Class 6: Density Estimation¶
I fit a probability distribution to the Æðey island ocean temperature data. Let's load the data:
In [1]:
import pandas as pd
import numpy as np
import matplotlib.dates as mdates
from datetime import datetime
import matplotlib.pyplot as plt
df = pd.read_csv('datasets/ocean-temperature-westfjords-2024/cmems_obs-ins_nws_phybgcwav_mynrt_na_irr_1763979809373_noheader.csv')
time = df["time"]
temperature = df["value"]
iso_date_string = "2023-05-29T10:30:00Z"
parsed_date = datetime.fromisoformat(iso_date_string[:-1]) # Removing the 'Z' at the end
parsed_time = [0] * len(time)
for i in range(len(time)):
parsed_time[i] = datetime.fromisoformat(time[i])

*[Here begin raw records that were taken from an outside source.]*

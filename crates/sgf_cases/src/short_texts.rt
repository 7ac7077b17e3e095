// All short texts over some bytes, each read by the reader and by the slow recogniser.
use crate::recogniser::recognised;
use crate::text::append_line;
use case_files::{Case, CaseError};
use kb_geometry::append;
use sgf_reader::{ReadError, read_flat};
use std::alloc::Global;

// The longest text that the recogniser judges.
const LONGEST: usize = 8;

// The most texts of one case.
const MOST_TEXTS: u64 = 2_000_000;

// What all texts of a case have in common, and the bytes that they differ in, so many.
#[derive(Drop)]
struct Texts<'a> {
    before: &'a str,
    after: &'a str,
    bytes: &'a [u8],
    count: u32,
}

/// Compares the reader with the recogniser on all texts that have, in the place of the `*` of the
/// second word, so many of the bytes that are put in as the first word tells. The answer is how
/// many texts there are, and the first one on which both differ.
pub(crate) fn answer_all(
    alloc: Global,
    case: &Case<'_>,
    out: &mut Vec<u8>,
) -> Result<(), CaseError> {
    let count = case.need_word(0)?.parse::<u32>();
    let (before, after) = case
        .need_word(1)?
        .split_once("*")
        .ok_or(CaseError::Bad("no * in the second word"))?;
    let texts = Texts {
        before,
        after,
        bytes: case.text(),
        count: count.map_err(|_| CaseError::Bad("no number"))?,
    };
    compare(alloc, &texts, out)
}

fn compare(alloc: Global, texts: &Texts<'_>, out: &mut Vec<u8>) -> Result<(), CaseError> {
    let number_of_texts = how_many(texts)?;
    let mut text = Vec::new(alloc);
    for number in 0..number_of_texts {
        text.clear();
        append_text(&mut text, texts, number)?;
        if text.len() > LONGEST {
            return Err(CaseError::Bad("the texts are too long"));
        }
        if games_of(alloc, &text) != recognised(&text) {
            return append_line(out, &text);
        }
    }
    let line = format!(in alloc; "{number_of_texts} texts\n")?;
    Ok(append(out, line.as_bytes())?)
}

fn how_many(texts: &Texts<'_>) -> Result<u64, CaseError> {
    match (texts.bytes.len() as u64).checked_pow(texts.count) {
        Some(number) if number <= MOST_TEXTS => Ok(number),
        _ => Err(CaseError::Bad("too many texts")),
    }
}

// Appends the text with a number: the digits of the number are the places of its bytes, the last
// digit first.
fn append_text(text: &mut Vec<u8>, texts: &Texts<'_>, number: u64) -> Result<(), CaseError> {
    append(text, texts.before.as_bytes())?;
    let base = texts.bytes.len() as u64;
    let mut left = number;
    for _ in 0..texts.count {
        if base > 0 {
            if let Some(byte) = texts.bytes.get((left % base) as usize) {
                text.push(*byte)?;
            }
            left /= base;
        }
    }
    Ok(append(text, texts.after.as_bytes())?)
}

// How many games a text has by the reader, or its fault.
fn games_of(alloc: Global, text: &[u8]) -> Result<usize, ReadError> {
    match read_flat(alloc, text) {
        Ok(collection) => Ok(collection.game_count()),
        Err(error) => Err(error),
    }
}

I continued to use Neil's code for density estimation on the ocean temperature data and fit a Gaussian probability distribution to it:
In [2]:
npts = 1000
mean = np.mean(temperature)
stddev = np.std(temperature)
plt.hist(temperature,bins=npts//50,density=True)
plt.plot(temperature,0*temperature,'|',ms=npts/20)

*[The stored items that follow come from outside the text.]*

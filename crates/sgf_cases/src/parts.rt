// Parts of a game as they are shown: its board, its information, and what a node does.
use crate::text::append_line;
use case_files::CaseError;
use game_tree::{GameTree, Info, Move, Setup};
use info_filter::day_of;
use kb_geometry::{Cell, Colour, Point, Rect, Shape, append};

/// Appends a board, as columns and rows with a colon between.
pub(crate) fn append_board(out: &mut Vec<u8>, shape: Shape) -> Result<(), CaseError> {
    let (cols, rows) = (shape.cols(), shape.rows());
    let line = format!(in *out.allocator(); "{cols}:{rows}\n")?;
    Ok(append(out, line.as_bytes())?)
}

/// The number of the last node.
pub(crate) fn last_node(tree: &GameTree) -> u32 {
    tree.node_count() - 1
}

/// Appends what a node does: its setups, and its move; `-` where it does nothing, and `none` where
/// there is no such node.
pub(crate) fn append_content(
    out: &mut Vec<u8>,
    tree: &GameTree,
    number: u32,
) -> Result<(), CaseError> {
    if number >= tree.node_count() {
        return Ok(append(out, b"none")?);
    }
    let setups = tree.setups(number);
    append_setups(out, setups)?;
    match tree.played(number) {
        Some(played) if setups.is_empty() => append_move(out, "", played),
        Some(played) => append_move(out, "; ", played),
        None if setups.is_empty() => Ok(append(out, b"-")?),
        None => Ok(()),
    }
}

// Appends setups, each with its rectangle, and a gap between them.
fn append_setups(out: &mut Vec<u8>, setups: &[Setup]) -> Result<(), CaseError> {
    let mut gap = b"".as_slice();
    for setup in setups {
        let Rect { x0, y0, x1, y1 } = setup.rect;
        let name = setup_name(setup.cell);
        let shown = format!(in *out.allocator(); "{name} {x0},{y0} to {x1},{y1}")?;
        append(out, gap)?;
        append(out, shown.as_bytes())?;
        gap = b"; ";
    }
    Ok(())
}

fn setup_name(cell: Cell) -> &'static str {
    match cell {
        Cell::Black => "AB",
        Cell::White => "AW",
        Cell::Empty => "AE",
    }
}

// Appends a move behind a gap.
fn append_move(out: &mut Vec<u8>, gap: &str, played: Move) -> Result<(), CaseError> {
    let name = match played.colour {
        Colour::Black => "B",
        Colour::White => "W",
    };
    let shown = match played.point {
        Some(Point { x, y }) => format!(in *out.allocator(); "{gap}{name} {x},{y}")?,
        None => format!(in *out.allocator(); "{gap}{name} pass")?,
    };
    Ok(append(out, shown.as_bytes())?)
}

/// Appends the information, a line each.
pub(crate) fn append_information(info: &Info, out: &mut Vec<u8>) -> Result<(), CaseError> {
    append_field(out, b"black ", info.black())?;
    append_field(out, b"white ", info.white())?;
    append_field(out, b"event ", info.event())?;
    append_field(out, b"place ", info.place())?;
    append_field(out, b"date ", info.date())?;
    append_field(out, b"result ", info.result())?;
    let (outcome, day) = (info.outcome(), day_of(info.date()));
    let line = format!(in *out.allocator(); "outcome {outcome:?}, day {day:?}\n")?;
    Ok(append(out, line.as_bytes())?)
}

fn append_field(out: &mut Vec<u8>, name: &[u8], text: &[u8]) -> Result<(), CaseError> {
    append(out, name)?;
    append_line(out, text)
}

plt.text(6,0.23,'Mean = ' + str(round(mean,3)))
plt.text(6,0.22, 'Standard deviation = ' + str(round(stddev,3)))
plt.title('Histogram of Æðey ocean temperature 2024')
plt.xlabel('Temperature [ËšC]')
plt.ylabel('Occurance')
#
# plot Gaussian
#
xi = np.linspace(mean-3*stddev,mean+3*stddev,100)

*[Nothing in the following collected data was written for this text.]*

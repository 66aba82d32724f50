//! Costs that are chosen by measured times.

ghost use Rattle.std.specs.Prelude.{◌≡◌, ◌≤◌, ◌<◌, IfSome};
ghost use Rattle.argon2_calibrate.specs.Choice.{IsGreatest, pass_time_of, is_shared, least_passes, are_scattered};

/// Memory and passes, and the times of three hashes under them.
#[derive(Clone, Copy, Debug, PartialEq, Eq)]
pub struct Choice {
    /// Memory in blocks of 1024 bytes.
    pub m_cost: u32,
    /// Passes.
    pub t_cost: u32,
    /// The least of the three times, in microseconds.
    pub time: u64,
    /// Whether the three times scatter, or the processor did other work.
    pub busy: bool,
}

/// The costs that a search found.
#[derive(Clone, Copy, Debug, PartialEq, Eq)]
pub struct Found {
    /// The costs.
    pub choice: Choice,
    /// Whether the machine may have been too busy for the search to find better costs.
    pub busy: bool,
}

/// Whether the greatest of three times is above the least by more than a quarter.
pub fn are_scattered(a: u64, b: u64, c: u64) -> bool
    ensures { result ≡ are_scattered a b c }
{
    let least = a.min(b).min(c);
    a.max(b).max(c) - least > least / 4
}

/// Whether the processor worked for less than three quarters of a time: it did other work meanwhile.
pub fn is_shared(worked: u64, time: u64) -> bool
    ensures { result ≡ is_shared worked time }
{
    worked < time - time / 4
}

/// The least number of passes over `m_cost` blocks: what is asked for, or else 2 below 64 MiB and 1 from 64 MiB on.
pub fn least_passes(min_t: Option<u32>, m_cost: u32) -> u32
    requires { IfSome min_t (λ least. 1 ≤ least) }
    ensures value { result ≡ least_passes min_t m_cost }
    ensures some { 1 ≤ result }
{
    match min_t {
        Some(least) => least,
        None if m_cost < 65536 => 2,
        None => 1,
    }
}

/// An estimate of the time of one more pass, from the measured times of the least passes and of `passes`. The estimate is at
/// least half of the average time of a pass, because the first hash can be slow.
pub fn pass_time(first: Choice, passes: u32, time: u64) -> u64
    requires { first.t_cost < passes }
    ensures { result ≡ pass_time_of first passes time }
{
    let more = u64::from(passes - first.t_cost);
    let apart = time.saturating_sub(first.time) / more;
    apart.max(time / (2 * u64::from(passes))).max(1)
}

/// The greatest number of passes that takes no longer than the target, or the least number if no number does.
pub fn passes(target: u64, first: Choice, pass_time: u64) -> u32
    requires { 0 < pass_time }
    ensures { IsGreatest target first pass_time result }
{
    if target <= first.time {
        return first.t_cost;
    }
    let more = (target - first.time) / pass_time;
    if more < u64::from(u32::MAX - first.t_cost) {
        more as u32 + first.t_cost
    } else {
        u32::MAX
    }
}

yi = np.exp(-(xi-mean)**2/(2*stddev**2))/np.sqrt(2*np.pi*stddev**2)
plt.plot(xi,yi,'r')
plt.show()
The Gaussian curve doesn't fit very well because there are two peaks in the data. If I can split the data into summer and winter and fit a normal distrbution to each of them, then I'm sure the distribution will describe the data much better.
In [24]:
temp_summer = temperature[17280:34992]
temp_winter1 = temperature[:17280]
temp_winter2 = temperature[34992:]
temp_winter = [temp_winter1 + temp_winter2]
mean_summer = np.mean(temp_summer)
stddev_summer = np.std(temp_summer)
plt.hist(temp_summer,bins=npts//50,density=True)
plt.plot(temp_summer,0*temp_summer,'|',ms=npts/20)
plt.text(6,0.24,'Summer mean = ' + str(round(mean_summer,3)))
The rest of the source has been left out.